重生後,我不再阻止竹馬報野雞大專_第7章 7十一月

重生後,我不再阻止竹馬報野雞大專發布時間:2026-06-15作者:遲遲歸

7

十一月,天轉涼了。

我在圖書館寫論文的時候,手機震了一下。

一個陌生號碼,歸屬地是我們老家那個鎮。

我接了。

那頭傳來一個沙啞的,帶著哭腔的男聲。

“之杳......是我......”

江敘白。

他的聲音完全變了樣,像是喝了很多酒,又像是哭了很久。

嘶啞,破碎,帶著濃重的鼻音。

“之杳,你幫我......求你了......”

我靠在椅背上,沒說話。

“許知樂跟別人跑了......她把我的錢全捲走了......還叫人打了我一頓......”

他抽噎著,聲音越來越碎。

“我現在什麼都沒有了......奶奶中風住院了不肯見我......”

“之杳......我知道我以前對不起你......你幫我......求你......”

電話那頭傳來壓抑的嗚咽,像一隻被踩斷脊樑的野狗。

我靜聽著,視線落在面前的論文草稿上。

前世,也是類似的場景。

他打電話來,用最卑微最可憐的語氣求我。

我心軟了,伸出了手。

然後被他一把拖進深淵,萬劫不復。

“江敘白。

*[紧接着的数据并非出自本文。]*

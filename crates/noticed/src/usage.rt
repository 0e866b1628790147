//! The usage line that follows the reason if arguments are wrong.
use std::alloc::AllocGlobal;
use std::env;
use std::rt::Env;

/// The line of the commands over frames, and that of a command which isn't known.
const FRAMES: &str = "usage: noticed batch HOST | serve SOCKET HOST AGENTS MAX-USE | send SOCKET";

/// The other commands, each with its line.
const OTHERS: [(&str, &str); 10] = [
    ("stop", "usage: noticed stop SOCKET"),
    (
        "status",
        "usage: noticed status [--open|--prometheus] SOCKET",
    ),
    ("discard", "usage: noticed discard SOCKET SERVICE ID"),
    ("forget", "usage: noticed forget SOCKET SERVICE ID"),
    ("journal", "usage: noticed journal FOLDER"),
    (
        "hand-in",
        "usage: noticed hand-in [--done FILE] [--give-up SECONDS] HAND-IN",
    ),
    ("resubmit", "usage: noticed resubmit FOLDER HOST HAND-IN"),
    (
        "postfix",
        "usage: noticed postfix [OPTIONS] QUEUE-FOLDER HOST HAND-IN",
    ),
    (
        "preview",
        "usage: noticed preview [OPTIONS] QUEUE-FOLDER HOST ID",
    ),
    ("faults", "usage: noticed faults"),
];

/// The usage line of the command that the arguments name.
pub(crate) fn usage_line<R: Env + AllocGlobal>(rt: &R) -> &'static str {
    let Ok(mut words) = env::args(rt) else {
        return FRAMES;
    };
    match words.nth(1) {
        Some(name) => line_of(name.as_str()),
        None => FRAMES,
    }
}

/// The usage line of the command of this name.
fn line_of(name: &str) -> &'static str {
    match OTHERS.iter().find(|(command, _)| *command == name) {
        Some((_, line)) => line,
        None => FRAMES,
    }
}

“

我開口了,聲音平靜。

那頭立刻急切起來:“之杳!你說!你說什麼我都聽!”

“你打錯電話了。”

“別掛......”

我結束通話了。

然後把這個號碼也拉進了黑名單。

手機扔回桌上,我繼續寫論文。

圖書館很安靜,暖氣烘得人很舒服。

窗外的銀杏葉全黃了,鋪了一地金色。

室友小周發來訊息:

“杳姐,晚上食堂新出了烤魚,去不去?”

“去。”

我收好東西,背上書包走出圖書館。

路上遇見顧深,他手裡拿著一杯美式,正往實驗室的方向走。

看到我,微點頭:“論文寫完了?”

“初稿,還要改。”

“週五之前給周院士看就行,不急。”

他想了想,又說。

“晚上計算機協會有個講座,關於機器學習的新方向,要不要一起去?”

“好。”

我們並肩走在銀杏大道上,誰都沒多說什麼。

但這種沉默讓人很自在。

不是那種需要討好,需要揣摩對方心思的疲憊。

就是兩個同路人,走在同一條路上。

我突然覺得,前世那十八年,我像活在一個密不透風的籠子裡。

籠子的名字叫“江敘白”。

現在籠子碎了,我終於能呼吸了。

一週後,我從老家同學的群聊裡看到了後續。

許知樂跟鎮上一個開賭場的混好上了。

她把江敘白的生活費,奶奶給的看病錢,甚至他拿去賠罪買的金項鍊,全都卷給了那個混混。

江敘白去找她理論,被當眾甩了一巴掌。

許知樂叉著腰站在那個混混旁邊,笑得刻薄又難聽。

“江敘白,你算個什麼東西?”

“當初跟你在一起,不過是看你有清北的光環,以後能帶我飛。”

“現在呢?連自己都養不活,還想養我?”

“你不過是個廢物。”

江敘白當場動了手。

結果被那群混混按在地上打了半個小時。

肋骨斷了兩根,鼻樑骨折,滿臉是血被扔在街邊。

沒人報警,沒人管。

同學發了現場照片到群裡,配文是:“江敘白完了,徹底廢了。”

我看著那張照片,放大,又縮小。

照片裡他蜷縮在路邊,渾身是血,像一條被碾過的流浪狗。

我關掉群聊,繼續看論文。

沒有快意,沒有憐憫。

只有一種塵埃落定的平靜。

你種什麼因,就得什麼果。

這是最簡單的道理。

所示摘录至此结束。